━━ RECORD EXTRACTS
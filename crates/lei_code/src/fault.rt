//! Why a text isn't an LEI.
ghost use Rattle.std.specs.Prelude.{Some};
ghost use Rattle.lei_code.specs.Fault.{fault_text};

use std::error::Error;
use std::fmt;

/// Why a text isn't a Legal Entity Identifier.
#[derive(Clone, Copy, Debug, PartialEq, Eq, Hash)]
pub enum LeiFault {
    /// Its length isn't 20 bytes.
    Length,
    /// The first position, counted from 1, with a character that isn't allowed there.
    Character(u8),
    /// Its number doesn't leave the remainder 1 when divided by 97.
    CheckDigits,
}

impl fmt::Display for LeiFault {
    ghost output = { λ fault. Some (fault_text fault) };

    fn fmt<W: fmt::Write>(&self, f: &mut fmt::Formatter<W>) -> fmt::Result {
        match self {
            LeiFault::Length => write!(f, "a code has 20 characters"),
            LeiFault::Character(position) => {
                write!(f, "the character at place {position} may not stand there")
            }
            LeiFault::CheckDigits => write!(f, "the check digits are wrong"),
        }
    }
}

impl Error for LeiFault {}
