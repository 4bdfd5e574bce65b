//! Codes whose check digits are right.
ghost use Rattle.std.specs.Prelude.{◌≡◌, ◌↔◌, List, ℕ, IfOk, IsOk, Some};
ghost use Rattle.std.specs.Result.{result_err};
ghost use Rattle.lei_code.specs.declared.fault.LeiFault.{LeiFault};
ghost use Rattle.lei_code.specs.Code.{IsValid};
ghost use Rattle.lei_code.specs.Fault.{IsFault, fault_of};

use crate::fault::LeiFault;
use crate::remainder::remainder_of;
use std::fmt;
use std::marker::Model;

/// A Legal Entity Identifier: 20 characters whose check digits are right.
#[derive(Clone, Copy, Debug, PartialEq, Eq, Hash)]
pub struct Lei {
    text: [u8; 20],
}

impl Model for Lei {
    ghost Value = { List ℕ };

    ghost view = { λ code. code.text };

    ghost invariant = { λ code. IsValid code.text };

    ghost inverse = { λ text. record { text = text } };
}

impl Lei {
    /// Reads a code. The faults are checked in the order of `LeiFault`.
    #[tactic(auto, using(crate::proofs::Faults::faults_of_codes))]
    pub fn read(text: &[u8]) -> Result<Lei, LeiFault>
        ensures value { IfOk result (λ code. code ≡ text.now) }
        ensures valid { IsOk result ↔ IsValid text.now }

        ensures fault { (fault : LeiFault) → (result ≡ Err fault) ↔ IsFault text.now fault }

        // The same as a function, for definitions that compute.
        ensures computed { result_err result ≡ fault_of text.now }
    {
        let Ok(own) = <[u8; 20]>::try_from(text) else {
            return Err(LeiFault::Length);
        };
        if remainder_of(text)? != 1 {
            return Err(LeiFault::CheckDigits);
        }
        Ok(Lei { text: own })
    }

    /// The code with these 20 characters. They must be those of a code, and aren't checked again.
    pub fn of_valid(text: &[u8]) -> Lei
        requires { IsValid text.now }
        ensures { result ≡ text.now }
    {
        match <[u8; 20]>::try_from(text) {
            Ok(text) => Lei { text },
            Err(_) => unreachable!(),
        }
    }

    /// The 20 characters, each a byte.
    pub fn text(self) -> [u8; 20]
        ensures value { result ≡ self }
        ensures valid { IsValid self }
    {
        self.text
    }

    /// The 20 characters, borrowed as bytes.
    pub fn as_bytes(&self) -> &[u8]
        ensures value { result.now ≡ self.now }
        ensures valid { IsValid self.now }
    {
        &self.text
    }

    /// The 20 characters, borrowed as text.
    #[tactic(auto, using(crate::proofs::Places::code_is_utf8))]
    pub fn as_str(&self) -> &str
        ensures value { result.now ≡ self.now }
        ensures valid { IsValid self.now }
    {
        match str::from_utf8(&self.text) {
            Ok(text) => text,
            Err(_) => unreachable!(),
        }
    }
}

impl fmt::Display for Lei {
    ghost output = { λ code. Some code };

    fn fmt<W: fmt::Write>(&self, f: &mut fmt::Formatter<W>) -> fmt::Result {
        f.pad(self.as_str())
    }
}
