//! Legal Entity Identifiers: reading and judging a code, and computing its check digits.
#![tactic(auto)]

pub mod code;
pub mod digits;
pub mod fault;
pub mod laws;
mod order;
mod remainder;

pub use code::Lei;
pub use digits::check_digits;
pub use fault::LeiFault;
━━━━
• [ASSIGNMENT]: Repeat all of the data exactly. Include every line.

• [SOLVED PROBLEM]:
filename crates/lei_code/src/fault.rt
//! Why a text isn't an LEI.
ghost use Rattle.std.specs.Prelude.{Some};
ghost use Rattle.lei_code.specs.Fault.{fault_text};

use std::error::Error;
use std::fmt;

/// Why a text isn't a Legal Entity Identifier.
#[derive(Clone, Copy, Debug, PartialEq, Eq, Hash)]
pub enum LeiFault {
    /// Its length isn't 20 bytes.
    Length,
    /// The first position, counted from 1, with a character that isn't allowed there.
    Character(u8),
    /// Its number doesn't leave the remainder 1 when divided by 97.
    CheckDigits,
}

impl fmt::Display for LeiFault {
    ghost output = { λ fault. Some (fault_text fault) };

    fn fmt<W: fmt::Write>(&self, f: &mut fmt::Formatter<W>) -> fmt::Result {
        match self {
            LeiFault::Length => write!(f, "a code has 20 characters"),
            LeiFault::Character(position) => {
                write!(f, "the character at place {position} may not stand there")
            }
            LeiFault::CheckDigits => write!(f, "the check digits are wrong"),
        }
    }
}

impl Error for LeiFault {}
repository 4bdfd5e574bce65b
//! Codes whose check digits are right.
ghost use Rattle.std.specs.Prelude.{◌≡◌, ◌↔◌, List, ℕ, IfOk, IsOk, Some};
ghost use Rattle.std.specs.Result.{result_err};
ghost use Rattle.lei_code.specs.declared.fault.LeiFault.{LeiFault};
ghost use Rattle.lei_code.specs.Code.{IsValid};
ghost use Rattle.lei_code.specs.Fault.{IsFault, fault_of};

use crate::fault::LeiFault;
use crate::remainder::remainder_of;
use std::fmt;
use std::marker::Model;

/// A Legal Entity Identifier: 20 characters whose check digits are right.
#[derive(Clone, Copy, Debug, PartialEq, Eq, Hash)]
pub struct Lei {
    text: [u8; 20],
}

impl Model for Lei {
    ghost Value = { List ℕ };

    ghost view = { λ code. code.text };

    ghost invariant = { λ code. IsValid code.text };

    ghost inverse = { λ text. record { text = text } };
}

impl Lei {
    /// Reads a code. The faults are checked in the order of `LeiFault`.
    #[tactic(auto, using(crate::proofs::Faults::faults_of_codes))]
    pub fn read(text: &[u8]) -> Result<Lei, LeiFault>
        ensures value { IfOk result (λ code. code ≡ text.now) }
        ensures valid { IsOk result ↔ IsValid text.now }

        ensures fault { (fault : LeiFault) → (result ≡ Err fault) ↔ IsFault text.now fault }

        // The same as a function, for definitions that compute.
        ensures computed { result_err result ≡ fault_of text.now }
    {
        let Ok(own) = <[u8; 20]>::try_from(text) else {
            return Err(LeiFault::Length);
        };
        if remainder_of(text)? != 1 {
            return Err(LeiFault::CheckDigits);
        }
        Ok(Lei { text: own })
    }

    /// The code with these 20 characters. They must be those of a code, and aren't checked again.
    pub fn of_valid(text: &[u8]) -> Lei
        requires { IsValid text.now }
        ensures { result ≡ text.now }
    {
        match <[u8; 20]>::try_from(text) {
            Ok(text) => Lei { text },
            Err(_) => unreachable!(),
        }
    }

    /// The 20 characters, each a byte.
    pub fn text(self) -> [u8; 20]
        ensures value { result ≡ self }
        ensures valid { IsValid self }
    {
        self.text
    }

    /// The 20 characters, borrowed as bytes.
    pub fn as_bytes(&self) -> &[u8]
        ensures value { result.now ≡ self.now }
        ensures valid { IsValid self.now }
    {
        &self.text
    }

    /// The 20 characters, borrowed as text.
    #[tactic(auto, using(crate::proofs::Places::code_is_utf8))]
    pub fn as_str(&self) -> &str
        ensures value { result.now ≡ self.now }
        ensures valid { IsValid self.now }
    {
        match str::from_utf8(&self.text) {
            Ok(text) => text,
            Err(_) => unreachable!(),
        }
    }
}

impl fmt::Display for Lei {
    ghost output = { λ code. Some code };

    fn fmt<W: fmt::Write>(&self, f: &mut fmt::Formatter<W>) -> fmt::Result {
        f.pad(self.as_str())
    }
}
//! Legal Entity Identifiers: reading and judging a code, and computing its check digits.
#![tactic(auto)]

pub mod code;
pub mod digits;
pub mod fault;
pub mod laws;
mod order;
mod remainder;

pub use code::Lei;
pub use digits::check_digits;
pub use fault::LeiFault;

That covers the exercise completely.